Reputation: 13347
I have the following line of text (see in code as well:
What I'm trying to do do is escape that emoticon (phone icon) as two \u chars then back to its original phone icon? The first method below works fine but I essentially want to escape by a range so that I can escape any chars like this. I don't know how this is possible using the first method below.
How can I achieve this range based escape using the UnicodeEscaper as the same output as StringEscapeUtils (i.e. escape to two \uxx \uxx then unescape back to phone icon)?
import org.apache.commons.lang3.text.translate.UnicodeEscaper;
import org.apache.commons.lang3.text.translate.UnicodeUnescaper;
String text = "Unicode surrogate here-> 📱<--here";
// escape the entire string...not what I want because there could
// be \n \r or any other escape chars that I want left in tact (i just want a range)
String text2 = org.apache.commons.lang.StringEscapeUtils.escapeJava(text);
System.out.println(text2); // "Unicode surrogate here-> \uD83D\uDCF1<--here"
// unescape it back to the phone emoticon
text2 = org.apache.commons.lang.StringEscapeUtils.unescapeJava(text);
System.out.println(text2); // "Unicode surrogate here-> 📱<--here"
// How do I do the same as above but but looking for a range of chars to escape (i.e. any unicode surrogate)
// , which is what i want and not to escape the entire string
text2 = UnicodeEscaper.between(0x10000, 0x10FFFF).translate(text);
System.out.println(text2); // "Unicode surrogate here-> \u1F4F1<--here"
// unescape .... (need the phone emoticon here)
text2 = (new UnicodeUnescaper().translate(text2));
System.out.println(text2);// "Unicode surrogate here-> 1<--here"
Upvotes: 0
Views: 1946
Reputation: 121702
Your string:
"Unicode surrogate here-> \u1F4F1<--here"
does not do what you think it does.
A char
is basically a UTF-16 code unit, therefore 16 bits. So what happens here is that you have \u1f41 1
; and that explains your output.
I don't know what you call "escape" here, but if this is replacing surrogate pairs by "\u\u", then have a look at Character.toChars()
. It will return the char
sequence necessary to represent one Unicode code point, whether it is in the BMP (one char) or not (two chars).

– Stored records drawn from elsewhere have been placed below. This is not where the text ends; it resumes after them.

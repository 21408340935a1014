//! What the rules on names find, with their nodes: the first phase.

ghost use Rattle.std.specs.Prelude.{◌≡◌, IfOk, OnOk};
ghost use Rattle.std.specs.List.{flat_map};
ghost use Rattle.graphql_spec.specs.Documents as documents;
ghost use Rattle.graphql_spec.specs.Written.{all_directives};
ghost use Rattle.juniper_schema.specs.SchemaView.{view_schema};
ghost use Rattle.juniper_written.specs.SpreadsView.{AreFragmentsOf};
ghost use Rattle.juniper_explain.specs.Adding.{AddsAll, AddsThree, AddsTwo, Explain, WhereListed, WhereOneListed};
ghost use Rattle.juniper_explain.specs.Nodes.{inside_findings, name_findings, repeated_arguments, repeated_input_fields, repeated_variables};
ghost use Rattle.juniper_explain.specs.Nodes.{unknown_directive, unknown_types};
ghost use Rattle.juniper_explain.specs.Words.{view_marked, words_of};

use crate::conditions::explain_unknown_conditions;
use crate::definitions::explain_definition;
use crate::directives::explain_directives;
use crate::explanation::Explanation;
use crate::input_fields::{explain_in_arguments, explain_in_defaults};
use crate::repeats::{explain_repeated_arguments, explain_repeated_variables};
use crate::spreads::{explain_own_spread, explain_spreads};
use crate::variables::{explain_unknown_variables, variables_of};
use crate::words::{Words, words_in};
use juniper_rules::Listed;
use juniper_schema::SchemaType;
use juniper_syntax::{Definition, ScalarValue};
use juniper_written::{Earlier, FragmentsByName, count_operations};
use std::alloc::{AllocError, Global};

/// Explains what the rules on names find in a document, of whose definitions this is listed, with these fragments. An error
/// where memory is refused.
pub(crate) fn explain_names<'d, 'a, S: ScalarValue>(
    alloc: Global,
    schema: &SchemaType<S>,
    document: &[Definition<'a, S>],
    listed: &[Listed<'d, 'a, S>],
    fragments: &FragmentsByName<'d, 'a, S>,
) -> Result<Vec<Explanation>, AllocError>
    ensures { IfOk result (λ es. WhereListed S.shown document.now listed.now fragments.now (λ d.
        Explain es.items (name_findings (view_schema S.shown schema.now) d) d)) }
{
    let operation_count = count_operations(document);
    let mut explanations = Vec::new(alloc);
    let mut earlier = Earlier::new(alloc);
    for one in listed {
        explain_definition(
            alloc,
            &earlier,
            operation_count,
            one.definition,
            &mut explanations,
        )?;
        explain_inside(alloc, schema, fragments, one, &mut explanations)?;
        earlier.add(one.definition)?;
    }
    Ok(explanations)
}

/// Explains what the rules on names find inside a definition, of which this is listed.
fn explain_inside<'d, 'a, S: ScalarValue>(
    alloc: Global,
    schema: &SchemaType<S>,
    fragments: &FragmentsByName<'d, 'a, S>,
    listed: &Listed<'d, 'a, S>,
    explanations: &mut Vec<Explanation>,
) -> Result<(), AllocError>
    ensures { OnOk result ((d : documents.Document) → AreFragmentsOf S.shown fragments.now d → WhereOneListed S.shown listed.now (λ x.
        AddsAll explanations.old.items explanations.new.items (inside_findings (view_schema S.shown schema.now) d x))) }
{
    let definition = listed.definition;
    let words = words_in(alloc, definition)?;
    explain_spreads(alloc, fragments, &words.spreads, explanations)?;
    explain_own_spread(
        alloc,
        fragments,
        definition,
        &listed.written.spreads,
        explanations,
    )?;
    explain_repeats(alloc, listed, explanations)?;
    explain_unknown(alloc, schema, listed, &words, explanations)
}

/// Explains the names of variables, arguments and input fields that are not unique.
fn explain_repeats<'d, 'a, S: ScalarValue>(
    alloc: Global,
    listed: &Listed<'d, 'a, S>,
    explanations: &mut Vec<Explanation>,
) -> Result<(), AllocError>
    ensures { OnOk result (WhereOneListed S.shown listed.now (λ x.
        AddsThree explanations.old.items explanations.new.items (repeated_variables x) (repeated_arguments x) (repeated_input_fields x))) }
{
    let lists = &listed.arguments.lists;
    let variables = variables_of(listed.definition);
    explain_repeated_variables(alloc, variables, explanations)?;
    explain_repeated_arguments(alloc, lists, explanations)?;
    explain_in_arguments(alloc, lists, explanations)?;
    explain_in_defaults(alloc, variables, explanations)
}

/// Explains the directives and the types that are not known.
fn explain_unknown<'d, 'a, S: ScalarValue>(
    alloc: Global,
    schema: &SchemaType<S>,
    listed: &Listed<'d, 'a, S>,
    words: &Words<'a>,
    explanations: &mut Vec<Explanation>,
) -> Result<(), AllocError>
    ensures { OnOk result (WhereOneListed S.shown listed.now (λ x. view_marked words.now ≡ words_of x →
        AddsTwo explanations.old.items explanations.new.items
        (flat_map unknown_directive (all_directives x)) (unknown_types (view_schema S.shown schema.now) x))) }
{
    explain_directives(alloc, schema, &listed.written.directives, explanations)?;
    explain_unknown_conditions(alloc, schema, &words.conditions, explanations)?;
    let variables = variables_of(listed.definition);
    explain_unknown_variables(alloc, schema, variables, explanations)
}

For code point U+1f4f1, it will return a two-element char array with characters 0xd83d and 0xdcf1 in that order. And this is what you want.
Upvotes: 2
Reputation: 795
Too late answer. But I've found you need
org.apache.commons.lang3.text.translate.JavaUnicodeEscaper
class instead UnicodeEscaper.
Using it, it prints:
Unicode surrogate here-> \uD83D\uDCF1<--here
And the unescaping works well.
Upvotes: 3